China Connect ETF Trading Officially Launched
According to the arrangement of the Shanghai, Shenzhen and Hong Kong stock exchanges, ETF trading under the interconnection officially started yesterday, and the first batch of 83 A-share ETFs were included in the interconnection mechanism.As of the close, 64 of the 83 ETFs rose, accounting for 77%, of which the biomedical ETF (512290) and the innovative drug ETF (159992) both rose by more than 5%.
It is worth noting that the turnover of most of the first batch of A-share ETFs included in China Connect has increased.According to the data, the first batch of 83 A-share ETFs traded a total of 23.076 billion yuan yesterday, an increase of about 14% from last Friday's turnover (20.257 billion yuan).Among them, the 40 billion-scale CSI 500 ETF (510500) traded 1.984 billion yuan yesterday, more than double the turnover of last Friday (972 million yuan).
Ming Fang, China head of UBS Global Financial Markets Department, told reporters that the ETF interconnection is the first time that targets other than stocks have been incorporated into the relevant mechanism, and it is another benchmarking measure for the continuous opening of China's financial market.In the context of this year's global capital market being affected by macroeconomic, geopolitical, epidemic and other uncertain factors, this measure has a directional incentive to boost the confidence of overseas investors.
"We expect that the interconnection of ETFs will drive a marginal increase of about 10% in A-share market transactions and capital volume." Landlord Ming predicted.

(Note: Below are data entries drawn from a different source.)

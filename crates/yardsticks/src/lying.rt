//! A device that lies at one Read.

ghost use Rattle.std.specs.Prelude.{◌≡◌, ◌≤◌, false, length, take, true};
ghost use Rattle.nvme_wire.specs.Entry.{decode_of};
ghost use Rattle.drive_port.specs.Step.{is_read};
ghost use Rattle.yardsticks.specs.Lying.{told_by};

use drive_port::{Device, Geometry, Halt, Honest};
use nvme_wire::Command;

/// Returns bytes of its own at one Read, in the place of those that the device within holds. All else is as the device
/// within has it.
#[derive(Drop)]
pub struct LyingDevice<D: Device + Honest + Drop> {
    device: D,
    /// How many Reads are answered before that one.
    before: u64,
    /// What it returns there, if as many bytes were asked for.
    instead: Vec<u8>,
    /// Whether other bytes were returned than are held.
    lied: bool,
}

/// Whether an entry is that of a Read.
fn reads(entry: &[u8; 64]) -> bool
    ensures { result ≡ is_read (decode_of entry.now) }
{
    match Command::decode(entry) {
        Ok(Command::Read { .. }) => true,
        _ => false,
    }
}

impl<D: Device + Honest + Drop> LyingDevice<D> {
    /// A device that returns `instead` at the Read that comes after so many.
    pub fn new(device: D, before: u64, instead: Vec<u8>) -> Self
        ensures within { result.device ≡ device }
        ensures true_so_far { result.lied ≡ false }
    {
        LyingDevice {
            device,
            before,
            instead,
            lied: false,
        }
    }

    /// Whether it has lied.
    pub fn has_lied(&self) -> bool
        ensures { result ≡ self.now.lied }
    {
        self.lied
    }

    /// The device within.
    pub fn into_inner(self) -> D
        ensures { result ≡ self.device }
    {
        self.device
    }

    /// Returns these bytes of a Read, or others.
    fn tell(&mut self, bytes: &mut [u8])
        ensures device { self.new.device ≡ self.old.device }
        ensures long { length bytes.new ≡ length bytes.old }
        // It has lied exactly where the bytes are others.
        ensures told { self.new.lied ≡ false → bytes.new ≡ bytes.old }
        ensures before { self.new.lied ≡ false → self.old.lied ≡ false }
        ensures fair { bytes.new ≡ bytes.old → self.new.lied ≡ self.old.lied }
    {
        if self.before > 0 {
            self.before -= 1;
            return;
        }
        self.before = u64::MAX;
        if bytes.len() != self.instead.len() || *bytes == *self.instead {
            return;
        }
        bytes.copy_from_slice(&self.instead);
        self.lied = true;
    }

    /// The same of the bytes after the first ones that a buffer holds.
    fn tell_after(&mut self, into: &mut Vec<u8>, held: usize)
        requires held { held ≤ length into.old.items }
        ensures device { self.new.device ≡ self.old.device }
        ensures long { length into.new.items ≡ length into.old.items }
        ensures kept { take held into.new.items ≡ take held into.old.items }
        ensures told { self.new.lied ≡ false → into.new.items ≡ into.old.items }
        ensures before { self.new.lied ≡ false → self.old.lied ≡ false }
        ensures fair { into.new.items ≡ into.old.items → self.new.lied ≡ self.old.lied }
    {
        let (_, told) = into.split_at_mut(held);
        self.tell(told);
    }
}

impl<D: Device + Honest + Drop> Device for LyingDevice<D> {
    ghost drive = { λ l. told_by (D.drive l.device) l.lied };

    fn geometry(&self) -> Geometry {
        self.device.geometry()
    }

    fn completed(&self) -> u64 {
        self.device.completed()
    }

    fn stopped(&self) -> bool {
        self.device.stopped()
    }

    fn submit(
        &mut self,
        entry: &[u8; 64],
        bytes: &[u8],
        into: &mut Vec<u8>,
    ) -> Result<[u8; 16], Halt> {
        let completion = self.device.submit(entry, bytes, into)?;
        self.device.vouch();
        if reads(entry) {
            self.tell_after(into, 0);
        }
        Ok(completion)
    }

    fn submit_extending(&mut self, entry: &[u8; 64], into: &mut Vec<u8>) -> Result<[u8; 16], Halt> {
        let held = into.len();
        let completion = self.device.submit_extending(entry, into)?;
        self.device.vouch();
        if reads(entry) {
            self.tell_after(into, held);
        }
        Ok(completion)
    }
}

Christina Ma, Head of Greater China Equities at Goldman Sachs Global Markets, said that the inclusion of ETFs in the interconnection mechanism will be a landmark event in the expansion of new trading tools since the establishment of the interconnection mechanism between the two stock markets, which will not only further strengthen the mainland The integration between the market and the Hong Kong market is also an important step in the opening of China's ETF market to international investors.
"Market funds (especially northbound investors) have been looking forward to the inclusion of ETFs in the interconnection mechanism for a long time." Ma Zhiping said, "On the first day of trading, we saw positive feedback from foreign institutional investors, and the Goldman Sachs trading team has completed multiple interconnection mechanisms. Goldman Sachs expects that more foreign capital will flow into the A-share market through the ETF interconnection mechanism in the future.”